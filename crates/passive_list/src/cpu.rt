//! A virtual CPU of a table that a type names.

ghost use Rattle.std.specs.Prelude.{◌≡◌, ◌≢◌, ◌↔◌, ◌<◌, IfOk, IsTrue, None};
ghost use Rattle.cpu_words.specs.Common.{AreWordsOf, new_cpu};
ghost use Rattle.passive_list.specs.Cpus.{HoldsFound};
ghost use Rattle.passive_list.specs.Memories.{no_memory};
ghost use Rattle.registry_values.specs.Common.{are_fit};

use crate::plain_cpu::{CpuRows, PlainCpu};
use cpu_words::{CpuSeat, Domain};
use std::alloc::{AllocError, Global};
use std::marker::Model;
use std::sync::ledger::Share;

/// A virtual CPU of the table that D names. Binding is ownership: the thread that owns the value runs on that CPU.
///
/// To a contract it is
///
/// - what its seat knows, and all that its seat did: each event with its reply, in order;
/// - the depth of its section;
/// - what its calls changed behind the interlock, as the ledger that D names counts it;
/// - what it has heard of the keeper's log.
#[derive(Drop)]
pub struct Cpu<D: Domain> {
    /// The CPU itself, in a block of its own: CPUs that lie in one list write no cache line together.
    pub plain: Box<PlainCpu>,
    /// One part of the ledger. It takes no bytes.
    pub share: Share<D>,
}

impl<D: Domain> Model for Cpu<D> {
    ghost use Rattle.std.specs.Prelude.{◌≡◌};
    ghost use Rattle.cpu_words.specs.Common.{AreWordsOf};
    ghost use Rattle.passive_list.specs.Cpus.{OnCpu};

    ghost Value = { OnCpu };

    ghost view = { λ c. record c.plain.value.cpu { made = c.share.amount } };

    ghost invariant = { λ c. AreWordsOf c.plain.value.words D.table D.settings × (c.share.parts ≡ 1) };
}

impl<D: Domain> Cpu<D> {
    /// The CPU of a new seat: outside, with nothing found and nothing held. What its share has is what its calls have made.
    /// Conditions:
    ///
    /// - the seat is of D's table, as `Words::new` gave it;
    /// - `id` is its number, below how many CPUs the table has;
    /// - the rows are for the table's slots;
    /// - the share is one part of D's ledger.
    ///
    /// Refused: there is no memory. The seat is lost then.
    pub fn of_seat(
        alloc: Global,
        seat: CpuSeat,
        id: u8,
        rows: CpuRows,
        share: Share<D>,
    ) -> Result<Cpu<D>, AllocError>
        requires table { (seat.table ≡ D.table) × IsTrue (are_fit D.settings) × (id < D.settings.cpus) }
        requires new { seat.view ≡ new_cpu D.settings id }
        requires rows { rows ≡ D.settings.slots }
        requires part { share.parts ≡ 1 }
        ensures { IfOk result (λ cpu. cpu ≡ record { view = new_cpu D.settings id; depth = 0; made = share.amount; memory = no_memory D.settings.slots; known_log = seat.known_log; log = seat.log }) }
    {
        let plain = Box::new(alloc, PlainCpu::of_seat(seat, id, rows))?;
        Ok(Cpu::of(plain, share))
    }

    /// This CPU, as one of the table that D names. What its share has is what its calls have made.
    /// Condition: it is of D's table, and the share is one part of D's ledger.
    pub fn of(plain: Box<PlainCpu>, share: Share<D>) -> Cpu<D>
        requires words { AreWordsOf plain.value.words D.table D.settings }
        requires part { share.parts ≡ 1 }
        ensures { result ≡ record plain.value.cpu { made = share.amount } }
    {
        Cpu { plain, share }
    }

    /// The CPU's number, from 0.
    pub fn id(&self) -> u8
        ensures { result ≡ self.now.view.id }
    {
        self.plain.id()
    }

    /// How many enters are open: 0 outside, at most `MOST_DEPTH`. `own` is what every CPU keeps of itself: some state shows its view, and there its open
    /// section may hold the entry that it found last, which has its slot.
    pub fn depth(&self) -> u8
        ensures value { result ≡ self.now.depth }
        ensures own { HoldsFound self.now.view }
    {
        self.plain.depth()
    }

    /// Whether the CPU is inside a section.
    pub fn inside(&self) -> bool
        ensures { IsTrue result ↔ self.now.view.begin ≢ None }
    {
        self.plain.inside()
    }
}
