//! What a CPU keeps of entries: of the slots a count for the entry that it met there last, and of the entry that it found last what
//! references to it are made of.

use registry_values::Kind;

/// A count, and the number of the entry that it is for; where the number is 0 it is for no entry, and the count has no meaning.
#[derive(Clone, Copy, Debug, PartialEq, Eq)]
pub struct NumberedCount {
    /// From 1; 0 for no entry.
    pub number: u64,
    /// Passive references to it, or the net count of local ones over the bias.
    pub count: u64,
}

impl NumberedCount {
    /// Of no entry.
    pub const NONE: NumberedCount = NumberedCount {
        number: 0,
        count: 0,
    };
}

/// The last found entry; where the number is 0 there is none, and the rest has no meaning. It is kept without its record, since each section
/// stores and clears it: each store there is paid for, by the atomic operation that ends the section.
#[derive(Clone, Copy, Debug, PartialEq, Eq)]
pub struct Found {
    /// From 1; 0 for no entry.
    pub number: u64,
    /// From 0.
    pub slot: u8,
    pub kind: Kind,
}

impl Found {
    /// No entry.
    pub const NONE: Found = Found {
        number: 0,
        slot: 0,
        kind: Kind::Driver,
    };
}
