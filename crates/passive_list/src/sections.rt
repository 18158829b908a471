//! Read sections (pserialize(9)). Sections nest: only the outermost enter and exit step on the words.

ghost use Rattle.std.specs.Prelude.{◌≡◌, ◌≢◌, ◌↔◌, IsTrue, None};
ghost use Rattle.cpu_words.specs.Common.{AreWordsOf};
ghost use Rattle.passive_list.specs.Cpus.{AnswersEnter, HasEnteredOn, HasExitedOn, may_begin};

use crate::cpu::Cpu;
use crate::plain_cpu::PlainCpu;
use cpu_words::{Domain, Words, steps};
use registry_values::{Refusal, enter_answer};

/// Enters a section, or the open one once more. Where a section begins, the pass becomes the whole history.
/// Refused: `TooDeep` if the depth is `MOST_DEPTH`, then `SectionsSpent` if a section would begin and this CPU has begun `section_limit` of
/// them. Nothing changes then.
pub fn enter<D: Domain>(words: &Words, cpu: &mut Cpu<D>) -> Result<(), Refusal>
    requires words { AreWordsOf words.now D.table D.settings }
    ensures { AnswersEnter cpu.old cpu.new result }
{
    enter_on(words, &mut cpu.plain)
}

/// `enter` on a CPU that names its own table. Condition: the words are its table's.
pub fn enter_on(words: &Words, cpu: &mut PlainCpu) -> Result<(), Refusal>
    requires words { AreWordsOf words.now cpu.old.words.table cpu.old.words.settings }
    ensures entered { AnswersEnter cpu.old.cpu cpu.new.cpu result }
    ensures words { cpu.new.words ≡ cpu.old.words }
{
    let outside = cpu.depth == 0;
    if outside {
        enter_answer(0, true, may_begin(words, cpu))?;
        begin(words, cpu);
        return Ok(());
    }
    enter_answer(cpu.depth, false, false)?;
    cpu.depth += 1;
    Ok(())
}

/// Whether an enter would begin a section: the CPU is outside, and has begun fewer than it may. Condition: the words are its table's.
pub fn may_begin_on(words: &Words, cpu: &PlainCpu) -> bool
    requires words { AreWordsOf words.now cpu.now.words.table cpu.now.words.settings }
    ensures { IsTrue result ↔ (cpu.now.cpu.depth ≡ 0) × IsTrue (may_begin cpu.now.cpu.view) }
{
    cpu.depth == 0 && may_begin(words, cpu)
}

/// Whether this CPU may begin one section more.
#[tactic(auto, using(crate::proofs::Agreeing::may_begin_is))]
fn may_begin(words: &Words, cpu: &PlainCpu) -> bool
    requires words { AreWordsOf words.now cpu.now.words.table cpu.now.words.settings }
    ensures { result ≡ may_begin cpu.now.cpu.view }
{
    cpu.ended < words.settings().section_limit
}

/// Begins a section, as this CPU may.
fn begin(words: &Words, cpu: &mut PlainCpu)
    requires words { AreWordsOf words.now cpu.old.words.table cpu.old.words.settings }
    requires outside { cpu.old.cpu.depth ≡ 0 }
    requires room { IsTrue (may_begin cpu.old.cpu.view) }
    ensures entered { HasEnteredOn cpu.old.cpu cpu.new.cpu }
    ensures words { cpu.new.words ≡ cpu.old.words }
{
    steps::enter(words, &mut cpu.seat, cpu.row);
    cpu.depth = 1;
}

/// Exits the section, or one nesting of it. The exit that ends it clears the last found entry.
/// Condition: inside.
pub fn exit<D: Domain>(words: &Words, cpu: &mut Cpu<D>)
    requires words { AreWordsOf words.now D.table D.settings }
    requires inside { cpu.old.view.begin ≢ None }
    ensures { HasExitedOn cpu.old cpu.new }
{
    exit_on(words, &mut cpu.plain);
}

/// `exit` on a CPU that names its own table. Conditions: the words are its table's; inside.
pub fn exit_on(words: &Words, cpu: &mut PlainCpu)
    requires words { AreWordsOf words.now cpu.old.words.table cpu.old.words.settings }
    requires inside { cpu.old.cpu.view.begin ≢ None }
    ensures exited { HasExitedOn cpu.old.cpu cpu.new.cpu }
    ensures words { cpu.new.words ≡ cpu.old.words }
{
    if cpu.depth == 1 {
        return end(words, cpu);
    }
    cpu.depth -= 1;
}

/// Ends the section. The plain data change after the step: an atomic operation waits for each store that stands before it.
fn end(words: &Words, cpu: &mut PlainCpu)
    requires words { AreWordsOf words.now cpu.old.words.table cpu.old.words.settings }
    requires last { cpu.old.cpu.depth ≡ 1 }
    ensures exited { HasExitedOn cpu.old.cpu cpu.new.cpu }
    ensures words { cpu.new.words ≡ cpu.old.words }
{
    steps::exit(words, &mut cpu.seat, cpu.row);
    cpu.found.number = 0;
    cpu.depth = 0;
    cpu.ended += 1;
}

■ **Brief**: Once you have checked every line of the material above, return the ones that hold the string "slots".

■ **Answer area**:
    /// - the rows are for the table's slots;
        requires rows { rows ≡ D.settings.slots }
        ensures { IfOk result (λ cpu. cpu ≡ record { view = new_cpu D.settings id; depth = 0; made = share.amount; memory = no_memory D.settings.slots; known_log = seat.known_log; log = seat.log }) }
//! What a CPU keeps of entries: of the slots a count for the entry that it met there last, and of the entry that it found last what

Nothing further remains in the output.